For those unaware I have Cystic Fibrosis which is a disease that effects mainly the lungs and digestive system as well as impacting many other parts of the body. The year after I was diagnosed my dad ran the London marathon which ignited this dream in me to always want to run it. Because of my health I never thought it would be possible. From the age of 8, when I was diagnosed, until I was 18 I was in and out of hospital with some serious lows in my health. I often found myself avoiding things that Cystic Fibrosis put limits on as I was scared of not being able to keep up with everyone else. Then in March 2020 I started taking what I call the ‘miracle drug’ Symkevi and Kalydeco and more recently Kaftrio. It is weird for me that people I have met in the last 4 years have never known the side of me who could get quite that ill. Now I function as a near enough normal person! I always had the worry that I’d never be able to hold down a job because of the amount of time I used to be off ill or at appointments. But now, I can even sometimes forget I’ve got CF! So for some crazy reason after watching my cousin Milo run the marathon last April I decided this was something I fancied giving a shot! So on the 21st of April if you happen to be in London look out for a short girl who might quite possibly be crawling along the ground!
I feel very grateful to have benefited from what all the fundraising has achieved for people with Cystic Fibrosis.

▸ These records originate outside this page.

//! A link in memory, which follows a script. It tells what came and went until memory for what it
//! sends runs out, or a number that it tells would pass 2^64 - 1. Then it goes on, and tells
//! nothing any more. It is an error to read into an empty buffer, and to write no bytes.
ghost use Rattle.std.specs.Prelude.{◌≡◌, ◌<◌, [], length};
ghost use Rattle.std.specs.Option.{option_map_or};
ghost use Rattle.q_link.specs.Reads.{Fails, Reads, Writes};
ghost use Rattle.q_link.specs.Scripts.{next_bytes, read_answer, write_answer};
ghost use Rattle.q_link.specs.Playback.{IsFront};
ghost use Rattle.q_link.specs.ScriptLinks.{IsSent, IsWritten, after_read, fails, new_view, rested, wait_of, waits};

use crate::link_wait::LinkWait;
use crate::script::{Playback, Script, WritePlan};
use crate::{Got, Link, Put, Usage};
use q_model::Hop;
use std::alloc::Global;
use std::marker::Model;

/// A link in memory. A contract sees it as the rest of its script, and what is known of it.
#[derive(Drop)]
pub struct ScriptLink {
    pub(crate) playback: Playback,
    pub(crate) writes: WritePlan,
    pub(crate) faults: u64,
    pub(crate) wait: LinkWait,
    pub(crate) ended: bool,
    pub(crate) usage: Usage,
    pub(crate) hop: Hop,
    pub(crate) sent: Vec<u8>,
    pub(crate) not_yets: u64,
    // how many rests its hops had told when it was opened
    pub(crate) rests_before: u64,
    // whether it still tells
    pub(crate) tells: bool,
}

impl Model for ScriptLink {
    ghost use Rattle.q_link.specs.ScriptLinks.{ScriptLink as Scripted, told_while, wait_of};
    ghost use Rattle.q_link.specs.Scripts.{script_waits};

    ghost Value = { Scripted };

    ghost view = { λ l. record {
      script = record { steps = l.playback.rest; writes = l.writes };
      view = record {
        faults = l.faults;
        wait = wait_of l.wait;
        ended = l.ended;
        usage = l.usage;
        waits_left = script_waits (record { steps = l.playback.rest; writes = l.writes });
        told = told_while l.tells (record {
          hop = l.hop;
          received = l.playback.received;
          sent = l.sent.items;
          not_yets = l.not_yets;
          rests_before = l.rests_before;
        });
      };
    } };
}

impl ScriptLink {
    /// A link that follows a script, opened by hops that had told so many rests, and tell or don't.
    pub(crate) fn new(
        alloc: Global,
        hop: &Hop,
        script: Script,
        rests_before: u64,
        tells: bool,
    ) -> ScriptLink
        ensures script { result.script ≡ script }
        ensures view { result.view ≡ new_view script hop.now rests_before tells }
    {
        let Script { steps, writes } = script;
        ScriptLink {
            playback: Playback::new(steps),
            writes,
            faults: 0,
            wait: LinkWait::No,
            ended: false,
            usage: Usage::Open,
            hop: *hop,
            sent: Vec::new(alloc),
            not_yets: 0,
            rests_before,
            tells,
        }
    }

    /// The bytes that were sent, where they are told.
    pub(crate) fn sent(&self) -> &[u8]
        ensures { result.now ≡ option_map_or (λ t. t.sent) self.now.view.told [] }
    {
        if self.tells { &self.sent } else { &[] }
    }

    /// Waits no more.
    pub(crate) fn rest(&mut self)
        ensures { self.new ≡ rested self.old }
    {
        self.wait = LinkWait::No;
    }

    // Nothing came or went yet.
    fn put_off(&mut self, wait: LinkWait)
        ensures script { self.new.script ≡ self.old.script }
        ensures view { self.new.view ≡ waits (wait_of wait) self.old.view }
    {
        self.wait = wait;
        self.usage = self.usage.called();
        match self.not_yets.checked_add(1) {
            Some(count) => self.not_yets = count,
            None => self.tells = false,
        }
    }

    fn fail(&mut self)
        ensures script { self.new.script ≡ self.old.script }
        ensures view { self.new.view ≡ fails self.old.view }
        ensures counted { Fails self.old.view self.new.view }
    {
        self.wait = LinkWait::No;
        self.usage = self.usage.closed();
        self.faults = self.faults.saturating_add(1);
    }

    // Bytes were sent.
    fn keep_sent(&mut self, bytes: &[u8])
        ensures script { self.new.script ≡ self.old.script }
        ensures view { IsSent bytes.now self.old.view self.new.view }
    {
        self.wait = LinkWait::No;
        self.usage = self.usage.called();
        if self.tells {
            self.tells = self.sent.extend_from_slice(bytes).is_ok();
        }
    }
}

impl Link for ScriptLink {
    ghost view = { λ link. link.view };

    fn read(&mut self, buf: &mut [u8]) -> Got
        requires some { 0 < length buf.old }
        ensures reads { Reads self.old.view self.new.view result buf.new }
        // What it gives is what its script says.
        ensures answer { result ≡ read_answer self.old.script.steps (length buf.old) }
        ensures bytes { IsFront result (next_bytes self.old.script.steps) buf.new }
        ensures after { self.new ≡ after_read result buf.new self.old }
    {
        match self.playback.take(buf) {
            Got::Took(count) => {
                self.wait = LinkWait::No;
                self.usage = self.usage.called();
                Got::Took(count)
            }
            Got::NotYet => {
                self.put_off(LinkWait::ForRead);
                Got::NotYet
            }
            Got::End => {
                self.wait = LinkWait::No;
                self.ended = true;
                self.usage = self.usage.closed();
                Got::End
            }
            Got::Failed => {
                self.fail();
                Got::Failed
            }
        }
    }

    fn write(&mut self, bytes: &[u8]) -> Put
        requires some { 0 < length bytes.now }
        ensures writes { Writes self.old.view self.new.view result bytes.now }
        // What it takes is what its script says.
        ensures answer { result ≡ write_answer self.old.script.writes (length bytes.now) }
        ensures after { IsWritten result bytes.now self.old self.new }
    {
        match self.writes.next(bytes.len()) {
            Put::Gave(count) => {
                self.keep_sent(bytes);
                Put::Gave(count)
            }
            Put::NotYet => {
                self.put_off(LinkWait::ForWrite);
                Put::NotYet
            }
            Put::Failed => {
                self.fail();
                Put::Failed
            }
        }
    }
}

However, this miracle drug doesn’t work for everyone with CF, and there is still no cure which is why it is so important to continue raising money and awareness, in the hope that one day everyone with CF can have the chance to feel the same way I do and run the marathon if they fancy (or are crazy enough)!!
Any support would be greatly appreciated whether that be donations, cheering me on in London or spreading the word ! I’d also like to say thank you to those who have/will have to put up with me making running the marathon my only personality trait !
P.s can I also mention the biggest wild card of 2024 which is my brother Charlie running the Leeds half, further proving CF ain’t got nothing on us Summerleys!!!